ASSIGNMENT:
Look through the entries below, please, and copy every line with the word "self".

(Dataset entries)
= = = = = = =
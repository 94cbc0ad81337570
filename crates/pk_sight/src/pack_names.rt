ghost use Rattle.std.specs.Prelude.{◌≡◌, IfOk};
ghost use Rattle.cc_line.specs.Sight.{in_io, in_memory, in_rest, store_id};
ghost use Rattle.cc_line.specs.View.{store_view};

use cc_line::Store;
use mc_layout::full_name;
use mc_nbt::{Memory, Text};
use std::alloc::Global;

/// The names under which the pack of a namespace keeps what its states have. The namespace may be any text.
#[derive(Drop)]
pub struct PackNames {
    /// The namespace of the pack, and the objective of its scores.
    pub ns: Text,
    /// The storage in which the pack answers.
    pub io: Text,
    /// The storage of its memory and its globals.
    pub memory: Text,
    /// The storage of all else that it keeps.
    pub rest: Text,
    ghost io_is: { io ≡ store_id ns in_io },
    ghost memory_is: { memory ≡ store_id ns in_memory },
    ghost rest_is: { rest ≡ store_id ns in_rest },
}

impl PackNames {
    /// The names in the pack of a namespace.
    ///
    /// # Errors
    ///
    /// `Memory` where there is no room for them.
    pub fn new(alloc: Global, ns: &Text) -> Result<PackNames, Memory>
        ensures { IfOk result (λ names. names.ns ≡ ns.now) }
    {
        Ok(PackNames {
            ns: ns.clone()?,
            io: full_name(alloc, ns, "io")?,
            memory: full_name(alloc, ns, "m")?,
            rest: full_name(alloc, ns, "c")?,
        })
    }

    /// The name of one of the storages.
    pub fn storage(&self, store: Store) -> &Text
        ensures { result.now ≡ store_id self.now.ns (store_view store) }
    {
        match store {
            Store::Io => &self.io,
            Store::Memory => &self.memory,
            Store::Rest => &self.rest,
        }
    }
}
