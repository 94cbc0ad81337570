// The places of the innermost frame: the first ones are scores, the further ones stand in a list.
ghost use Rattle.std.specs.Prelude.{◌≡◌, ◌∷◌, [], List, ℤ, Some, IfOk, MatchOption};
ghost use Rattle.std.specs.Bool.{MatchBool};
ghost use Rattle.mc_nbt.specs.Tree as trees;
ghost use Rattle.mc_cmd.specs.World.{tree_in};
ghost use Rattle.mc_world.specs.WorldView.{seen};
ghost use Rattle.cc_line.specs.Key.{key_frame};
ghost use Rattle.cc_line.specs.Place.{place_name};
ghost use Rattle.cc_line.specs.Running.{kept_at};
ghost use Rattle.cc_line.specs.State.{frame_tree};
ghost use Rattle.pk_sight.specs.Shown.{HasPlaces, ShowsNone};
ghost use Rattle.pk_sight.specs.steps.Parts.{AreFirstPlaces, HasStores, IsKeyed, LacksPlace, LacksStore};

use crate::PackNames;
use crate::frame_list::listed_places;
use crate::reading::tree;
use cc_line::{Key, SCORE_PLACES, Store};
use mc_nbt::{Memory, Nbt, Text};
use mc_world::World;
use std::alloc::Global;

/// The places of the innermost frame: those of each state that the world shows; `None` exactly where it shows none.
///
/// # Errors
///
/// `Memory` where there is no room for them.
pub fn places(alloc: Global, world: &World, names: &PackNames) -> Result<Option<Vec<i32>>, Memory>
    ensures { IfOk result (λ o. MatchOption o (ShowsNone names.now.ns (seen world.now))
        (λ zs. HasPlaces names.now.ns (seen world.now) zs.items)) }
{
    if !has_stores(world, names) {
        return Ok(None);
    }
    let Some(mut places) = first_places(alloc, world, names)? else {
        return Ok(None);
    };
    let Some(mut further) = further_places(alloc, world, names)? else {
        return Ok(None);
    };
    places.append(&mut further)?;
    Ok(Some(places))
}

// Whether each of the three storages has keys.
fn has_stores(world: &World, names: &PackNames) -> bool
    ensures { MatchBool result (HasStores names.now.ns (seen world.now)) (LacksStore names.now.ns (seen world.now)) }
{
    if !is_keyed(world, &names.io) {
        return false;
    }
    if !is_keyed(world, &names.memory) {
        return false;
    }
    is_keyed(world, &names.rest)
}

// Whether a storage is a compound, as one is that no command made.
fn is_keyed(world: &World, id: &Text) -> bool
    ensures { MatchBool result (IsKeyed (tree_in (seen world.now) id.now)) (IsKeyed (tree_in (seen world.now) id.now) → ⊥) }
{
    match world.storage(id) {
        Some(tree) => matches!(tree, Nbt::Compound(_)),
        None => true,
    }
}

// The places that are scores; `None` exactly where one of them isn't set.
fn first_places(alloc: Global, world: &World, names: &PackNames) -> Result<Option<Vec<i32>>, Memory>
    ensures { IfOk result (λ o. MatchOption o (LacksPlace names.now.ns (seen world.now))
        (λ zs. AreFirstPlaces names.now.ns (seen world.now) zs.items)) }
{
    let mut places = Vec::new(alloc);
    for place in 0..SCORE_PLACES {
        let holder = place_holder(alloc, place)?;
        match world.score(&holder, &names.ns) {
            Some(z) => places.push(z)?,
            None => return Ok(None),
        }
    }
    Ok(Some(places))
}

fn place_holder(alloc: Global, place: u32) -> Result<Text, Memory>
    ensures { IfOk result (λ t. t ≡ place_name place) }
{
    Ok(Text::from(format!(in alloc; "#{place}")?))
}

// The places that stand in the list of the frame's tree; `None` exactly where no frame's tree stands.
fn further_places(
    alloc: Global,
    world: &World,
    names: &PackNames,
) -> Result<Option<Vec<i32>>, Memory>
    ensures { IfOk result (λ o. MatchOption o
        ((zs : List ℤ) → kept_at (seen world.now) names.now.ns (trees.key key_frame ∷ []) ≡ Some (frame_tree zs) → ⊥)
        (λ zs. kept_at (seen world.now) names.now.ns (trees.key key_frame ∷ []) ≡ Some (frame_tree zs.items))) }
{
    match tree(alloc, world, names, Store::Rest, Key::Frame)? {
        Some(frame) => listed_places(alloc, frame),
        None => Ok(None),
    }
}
= = = = = = =
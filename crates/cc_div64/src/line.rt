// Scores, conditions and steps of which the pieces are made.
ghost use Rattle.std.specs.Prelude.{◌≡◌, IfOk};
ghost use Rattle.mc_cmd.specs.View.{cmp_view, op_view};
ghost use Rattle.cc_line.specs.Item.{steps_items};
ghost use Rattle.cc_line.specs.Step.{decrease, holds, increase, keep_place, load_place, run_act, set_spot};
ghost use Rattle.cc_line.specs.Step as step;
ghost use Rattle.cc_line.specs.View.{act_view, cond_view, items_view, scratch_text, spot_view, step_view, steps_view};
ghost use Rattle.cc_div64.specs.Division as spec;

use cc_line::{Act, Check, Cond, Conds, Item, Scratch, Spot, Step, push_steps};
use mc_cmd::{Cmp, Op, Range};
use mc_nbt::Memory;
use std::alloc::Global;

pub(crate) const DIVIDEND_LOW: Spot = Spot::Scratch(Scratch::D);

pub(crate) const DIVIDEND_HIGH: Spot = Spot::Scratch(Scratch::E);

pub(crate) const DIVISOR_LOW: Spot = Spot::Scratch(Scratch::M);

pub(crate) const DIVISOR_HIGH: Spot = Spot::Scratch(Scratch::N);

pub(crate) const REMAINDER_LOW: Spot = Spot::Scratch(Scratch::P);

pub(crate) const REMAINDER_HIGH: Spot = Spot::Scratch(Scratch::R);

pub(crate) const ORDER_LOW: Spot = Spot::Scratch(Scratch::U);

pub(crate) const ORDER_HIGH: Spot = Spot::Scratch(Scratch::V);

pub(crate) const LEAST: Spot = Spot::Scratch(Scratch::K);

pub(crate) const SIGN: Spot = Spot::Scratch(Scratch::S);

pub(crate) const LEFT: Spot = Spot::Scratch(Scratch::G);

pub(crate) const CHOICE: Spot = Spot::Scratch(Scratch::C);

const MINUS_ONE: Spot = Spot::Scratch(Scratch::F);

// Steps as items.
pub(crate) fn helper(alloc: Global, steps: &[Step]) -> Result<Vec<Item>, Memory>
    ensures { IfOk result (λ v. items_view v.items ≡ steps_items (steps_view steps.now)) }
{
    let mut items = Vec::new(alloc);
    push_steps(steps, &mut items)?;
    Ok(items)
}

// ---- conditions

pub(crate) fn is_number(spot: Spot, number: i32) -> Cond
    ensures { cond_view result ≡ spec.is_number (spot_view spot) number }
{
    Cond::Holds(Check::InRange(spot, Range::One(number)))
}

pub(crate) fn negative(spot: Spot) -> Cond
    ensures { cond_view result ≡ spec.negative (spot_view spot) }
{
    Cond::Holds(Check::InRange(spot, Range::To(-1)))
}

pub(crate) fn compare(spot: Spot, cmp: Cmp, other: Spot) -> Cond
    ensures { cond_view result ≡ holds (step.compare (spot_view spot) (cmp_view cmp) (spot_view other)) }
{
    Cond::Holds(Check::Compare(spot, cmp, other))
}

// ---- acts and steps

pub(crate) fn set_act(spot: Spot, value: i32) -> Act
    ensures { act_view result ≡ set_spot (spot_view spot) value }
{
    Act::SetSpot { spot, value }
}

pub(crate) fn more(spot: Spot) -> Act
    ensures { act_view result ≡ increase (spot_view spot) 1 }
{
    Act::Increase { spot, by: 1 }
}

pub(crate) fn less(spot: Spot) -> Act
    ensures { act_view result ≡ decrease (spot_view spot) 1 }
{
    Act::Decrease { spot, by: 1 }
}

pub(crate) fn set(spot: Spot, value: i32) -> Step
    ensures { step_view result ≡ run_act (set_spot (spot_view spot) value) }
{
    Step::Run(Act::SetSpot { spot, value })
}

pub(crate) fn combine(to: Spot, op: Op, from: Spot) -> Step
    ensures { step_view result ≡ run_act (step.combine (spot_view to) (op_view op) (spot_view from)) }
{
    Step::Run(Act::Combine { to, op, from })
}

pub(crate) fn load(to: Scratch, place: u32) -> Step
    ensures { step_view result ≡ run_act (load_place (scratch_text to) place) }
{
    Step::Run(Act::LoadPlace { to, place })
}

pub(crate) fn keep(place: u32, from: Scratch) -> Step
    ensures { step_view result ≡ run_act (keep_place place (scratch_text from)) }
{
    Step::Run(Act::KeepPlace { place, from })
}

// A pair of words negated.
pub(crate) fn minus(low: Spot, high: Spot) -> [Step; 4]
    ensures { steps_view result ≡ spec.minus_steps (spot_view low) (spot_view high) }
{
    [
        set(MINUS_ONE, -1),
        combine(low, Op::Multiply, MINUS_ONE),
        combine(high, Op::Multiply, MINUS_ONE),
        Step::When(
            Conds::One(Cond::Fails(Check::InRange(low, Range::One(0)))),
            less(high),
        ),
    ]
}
= = = = = = =
EXERCISE ANSWER:
    pub fn storage(&self, store: Store) -> &Text
        ensures { result.now ≡ store_id self.now.ns (store_view store) }
            Store::Io => &self.io,
            Store::Memory => &self.memory,
            Store::Rest => &self.rest,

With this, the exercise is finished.